#### What you will do:
Please copy the leading lines of the entries below exactly, concluding with the line in which "below the tolerance." occurs.

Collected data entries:

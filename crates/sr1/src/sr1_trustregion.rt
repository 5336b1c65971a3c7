// SR1TrustRegion (Nocedal and Wright, Numerical Optimization, section 6.2, algorithm 6.2): its calls by value, in the order of argmin's
// steps. Nothing is written before the last refusal is decided.
ghost use Rattle.std.specs.Prelude.{◌≡◌, true, ◌≤◌, length};
ghost use Rattle.vectors.specs.Vector.{zeros, all_finite};
ghost use Rattle.vectors.specs.Slots.{Puts};
ghost use Rattle.vectors.specs.Refusal.{judged, all_hold, Square};
ghost use Rattle.offer.specs.State as State;
ghost use Rattle.sr1.specs.Settings.{chosen};
ghost use Rattle.sr1.specs.Session as Definition;
ghost use Rattle.sr1.specs.Session.{proposal, residual, ported_rule, book_rule, updated_by, updated, next_radius, answer_entries, judgement_checks, judgement};
ghost use Rattle.sr1.specs.Calls.{begun, Proposes, Updates, Judges};

use crate::gain::Gain;
use crate::session;
use crate::session::{After, Session};
use crate::settings::Settings;
use offer::state::{Phase, Promise, Said};
use offer::{lent, range, state};
use vectors::refusal::Refusal;
use vectors::{refusal, vector};

// ---- start

#[tactic(auto, unfolding(crate::specs::Session::start))]
pub fn start(settings: Settings, cost: f64) -> Result<Session, Refusal>
    ensures { result ≡ begun (Definition.start settings cost) }
{
    Session::start(settings, cost)
}

// ---- propose

// Whether the gradient is below the tolerance.
#[tactic(auto, unfolding(crate::specs::Session::converged))]
fn converged(s: Session, gradient: &[f64]) -> bool
    ensures { result ≡ Definition.converged s gradient.now }
{
    vector::norm_any(gradient) < s.settings.tol_grad
}

// A step and the trial point, unless the session is done: of such a one refusals 1 to 4 are asked, and no others. The step is promised
// on its predicted fall and its norm, which are kept until its cost comes.
fn propose(
    s: &mut Session,
    n: usize,
    point: &[f64],
    gradient: &[f64],
    hessian: &[f64],
    step: &mut [f64],
    trial: &mut [f64],
    scratch: &mut [f64],
) -> Result<Said, Refusal>
    ensures { Proposes (proposal chosen s.old n point.now gradient.now hessian.now step.old trial.old scratch.old)
        s.old step.old trial.old scratch.old (record { session = s.new; outcome = result }) step.new trial.new scratch.new }
{
    if converged(*s, gradient) {
        range::proposal(s.asked(), n, point, gradient, hessian, step, trial, scratch)?;
        vector::clear(scratch);
        return Ok(Said::Done);
    }
    s.propose(n, point, gradient, hessian, step, trial, scratch)
}

pub fn proposed(
    mut s: Session,
    n: usize,
    point: &[f64],
    gradient: &[f64],
    hessian: &[f64],
    step: &mut [f64],
    trial: &mut [f64],
    scratch: &mut [f64],
) -> After
    ensures { Proposes (proposal chosen s n point.now gradient.now hessian.now step.old trial.old scratch.old)
        s step.old trial.old scratch.old result step.new trial.new scratch.new }
{
    let outcome = propose(&mut s, n, point, gradient, hessian, step, trial, scratch);
    After {
        session: s,
        outcome,
    }
}

// ---- the answer with a cost and a gradient

// What refusal 4 asks of an answer.
fn answered(
    cost: f64,
    new_gradient: &[f64],
    step: &[f64],
    trial: &[f64],
    gradient: &[f64],
    hessian: &[f64],
) -> bool
    ensures { result ≡ all_hold (answer_entries cost new_gradient.now step.now trial.now gradient.now hessian.now) }
{
    refusal::all_hold(&[
        vector::all_finite(step),
        vector::all_finite(trial),
        vector::all_finite(gradient),
        vector::all_finite(hessian),
        vector::all_finite(new_gradient),
        range::cost_taken(cost),
    ])
}

// The fall of the cost over the fall that was predicted.
fn fall_ratio(before: f64, cost: f64, predicted: f64) -> f64
    ensures { result ≡ Definition.fall_ratio before cost predicted }
{
    float::one_nan((before - cost) / predicted)
}

// A NaN ratio passes no test: it halves the radius.
#[tactic(auto, unfolding(crate::specs::Session::next_radius))]
fn next_radius(ratio: f64, norm: f64, radius: f64) -> f64
    ensures { result ≡ next_radius ratio norm radius }
{
    if 0.75 < ratio {
        if norm <= 0.8 * radius {
            return radius;
        }
        return 2.0 * radius;
    }
    if 0.1 <= ratio && ratio <= 0.75 {
        return radius;
    }
    0.5 * radius
}

// z = (G − g) − H·s, at the start of the scratch.
fn lay_residual(
    n: usize,
    new_gradient: &[f64],
    gradient: &[f64],
    hessian: &[f64],
    step: &[f64],
    w: &mut [f64],
)
    requires { (n ≤ length w.old) × Square n (length hessian.now) × (length new_gradient.now ≡ n) × (length gradient.now ≡ n) × (length step.now ≡ n) }
    ensures { Puts w.old n 0 (residual n new_gradient.now gradient.now hessian.now step.now) w.new }
{
    for i in 0..n {
        w[i] = new_gradient[i] - gradient[i] - vector::dot_any(vector::row(n, hessian, i), step);
    }
}

// Edition 1. argmin takes the norm of the number q, its magnitude, on both sides.
#[tactic(auto, unfolding(crate::specs::Session::ported_rule))]
fn ported_rule(factor: f64, norm: f64, q: f64) -> bool
    ensures { result ≡ ported_rule factor norm q }
{
    let size = float::magnitude(q);
    factor * norm * size <= size
}

// Edition 2. The book has the norm of z on one side; and by a q of zero nothing can be divided.
#[tactic(auto, unfolding(crate::specs::Session::book_rule))]
fn book_rule(factor: f64, norm: f64, z_norm: f64, q: f64) -> bool
    ensures { result ≡ book_rule factor norm z_norm q }
{
    let size = float::magnitude(q);
    factor * norm * z_norm <= size && q != 0.0
}

// Whether the Hessian is updated: the one place that asks for the edition.
#[tactic(auto, using(crate::proofs::Hessians::by_first, crate::proofs::Hessians::by_other))]
fn updates(settings: Settings, norm: f64, z: &[f64], q: f64) -> bool
    ensures { result ≡ Definition.updates settings norm z.now q }
{
    if settings.edition == 1 {
        return ported_rule(settings.factor, norm, q);
    }
    book_rule(settings.factor, norm, vector::norm_any(z), q)
}

// The Hessian is updated, unless an entry of it would not be finite. Every entry is tested before one is
// written: there is no room for a second matrix.
fn update(
    n: usize,
    settings: Settings,
    norm: f64,
    step: &[f64],
    z: &[f64],
    hessian: &mut [f64],
) -> Result<(), Refusal>
    requires { Square n (length hessian.old) × (length z.now ≡ n) × (all_finite hessian.old ≡ true) }
    ensures { Updates (updated_by n settings norm hessian.old step.now z.now) result hessian.old hessian.new }
{
    let q = vector::dot_any(step, z);
    if !updates(settings, norm, z, q) {
        return Ok(());
    }
    let gain = Gain {
        n,
        z,
        share: 1.0 / q,
    };
    Refusal::Range.unless(gain.rows_finite(hessian))?;
    gain.write_rows(hessian);
    Ok(())
}

// The same by way of the scratch, which is +0 afterwards.
fn renew(
    n: usize,
    settings: Settings,
    norm: f64,
    new_gradient: &[f64],
    step: &[f64],
    gradient: &[f64],
    hessian: &mut [f64],
    scratch: &mut [f64],
) -> Result<(), Refusal>
    requires { (n ≤ length scratch.old) × Square n (length hessian.old) × (length new_gradient.now ≡ n) × (length gradient.now ≡ n) × (length step.now ≡ n) × (all_finite hessian.old ≡ true) }
    ensures { Updates (updated n settings norm new_gradient.now gradient.now hessian.old step.now) result hessian.old hessian.new
        × (scratch.new ≡ zeros (length scratch.old)) }
{
    lay_residual(n, new_gradient, gradient, hessian, step, scratch);
    let done = update(n, settings, norm, step, &scratch[0..n], hessian);
    vector::clear(scratch);
    done
}

// The count after an answer that is taken: a hidden trial is one more, any other ends the row.
fn counted(cost: f64, count: u64) -> u64
    requires { count ≤ 1000 }
    ensures { result ≡ State.counted cost count }
{
    if float::is_nan(cost) {
        return count + 1;
    }
    0
}

// The verdict on a trial whose step was promised on a predicted fall and its norm.
fn judge(
    s: &mut Session,
    n: usize,
    promise: Promise,
    answer: f64,
    new_gradient: &[f64],
    point: &mut [f64],
    step: &[f64],
    trial: &[f64],
    gradient: &mut [f64],
    hessian: &mut [f64],
    scratch: &mut [f64],
) -> Result<Said, Refusal>
    requires { judged (judgement_checks s.old n new_gradient.now point.old step.now trial.now gradient.old hessian.old scratch.old) ≡ Ok tt }
    ensures { Judges (Definition.judge s.old n answer new_gradient.now point.old step.now trial.now gradient.old hessian.old promise)
        s.old point.old gradient.old hessian.old scratch.old (record { session = s.new; outcome = result }) point.new gradient.new hessian.new scratch.new }
{
    Refusal::Entry.unless(answered(answer, new_gradient, step, trial, gradient, hessian))?;
    let ratio = fall_ratio(s.state.cost, answer, promise.value);
    let next = next_radius(ratio, promise.norm, s.state.radius);
    if !float::finite(next) {
        vector::clear(scratch);
        return Err(Refusal::Range);
    }
    renew(
        n,
        s.settings,
        promise.norm,
        new_gradient,
        step,
        gradient,
        hessian,
        scratch,
    )?;
    let count = counted(answer, s.state.count);
    if s.settings.eta < ratio {
        lent::copy(trial, point);
        lent::copy(new_gradient, gradient);
        s.state = state::moved(s.state, next, answer, Phase::Ready, count);
        return Ok(Said::Accepted(ratio));
    }
    s.state = state::moved(s.state, next, s.state.cost, Phase::Ready, count);
    Ok(Said::Rejected(ratio))
}

// What an answer comes to, in the session of the call by value: one that is refused leaves it as it is.
fn verdict(
    s: &mut Session,
    n: usize,
    answer: f64,
    new_gradient: &[f64],
    point: &mut [f64],
    step: &[f64],
    trial: &[f64],
    gradient: &mut [f64],
    hessian: &mut [f64],
    scratch: &mut [f64],
) -> Result<Said, Refusal>
    ensures { Judges (judgement s.old n answer new_gradient.now point.old step.now trial.now gradient.old hessian.old scratch.old)
        s.old point.old gradient.old hessian.old scratch.old (record { session = s.new; outcome = result }) point.new gradient.new hessian.new scratch.new }
{
    let lengths = lent::all_sized(n, point, gradient, hessian, step, trial, scratch);
    let sized = refusal::all_hold(&[lengths, new_gradient.len() == n]);
    let sound = session::sound(*s);
    range::verdict(sized, sound, true, true)?;
    let promise = state::promised(s.state.phase)?;
    judge(
        s,
        n,
        promise,
        answer,
        new_gradient,
        point,
        step,
        trial,
        gradient,
        hessian,
        scratch,
    )
}

// The answer with a cost and a gradient.
pub fn judged(
    mut s: Session,
    n: usize,
    cost: f64,
    new_gradient: &[f64],
    point: &mut [f64],
    step: &[f64],
    trial: &[f64],
    gradient: &mut [f64],
    hessian: &mut [f64],
    scratch: &mut [f64],
) -> After
    ensures { Judges (judgement s n cost new_gradient.now point.old step.now trial.now gradient.old hessian.old scratch.old)
        s point.old gradient.old hessian.old scratch.old result point.new gradient.new hessian.new scratch.new }
{
    let outcome = verdict(
        &mut s,
        n,
        cost,
        new_gradient,
        point,
        step,
        trial,
        gradient,
        hessian,
        scratch,
    );
    After {
        session: s,
        outcome,
    }
}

#### Solution for this problem:
filename crates/sr1/src/sr1_trustregion.rt
repository 5336b1c65971a3c7
// SR1TrustRegion (Nocedal and Wright, Numerical Optimization, section 6.2, algorithm 6.2): its calls by value, in the order of argmin's
// steps. Nothing is written before the last refusal is decided.
ghost use Rattle.std.specs.Prelude.{◌≡◌, true, ◌≤◌, length};
ghost use Rattle.vectors.specs.Vector.{zeros, all_finite};
ghost use Rattle.vectors.specs.Slots.{Puts};
ghost use Rattle.vectors.specs.Refusal.{judged, all_hold, Square};
ghost use Rattle.offer.specs.State as State;
ghost use Rattle.sr1.specs.Settings.{chosen};
ghost use Rattle.sr1.specs.Session as Definition;
ghost use Rattle.sr1.specs.Session.{proposal, residual, ported_rule, book_rule, updated_by, updated, next_radius, answer_entries, judgement_checks, judgement};
ghost use Rattle.sr1.specs.Calls.{begun, Proposes, Updates, Judges};

use crate::gain::Gain;
use crate::session;
use crate::session::{After, Session};
use crate::settings::Settings;
use offer::state::{Phase, Promise, Said};
use offer::{lent, range, state};
use vectors::refusal::Refusal;
use vectors::{refusal, vector};

// ---- start

#[tactic(auto, unfolding(crate::specs::Session::start))]
pub fn start(settings: Settings, cost: f64) -> Result<Session, Refusal>
    ensures { result ≡ begun (Definition.start settings cost) }
{
    Session::start(settings, cost)
}

// ---- propose

// Whether the gradient is below the tolerance.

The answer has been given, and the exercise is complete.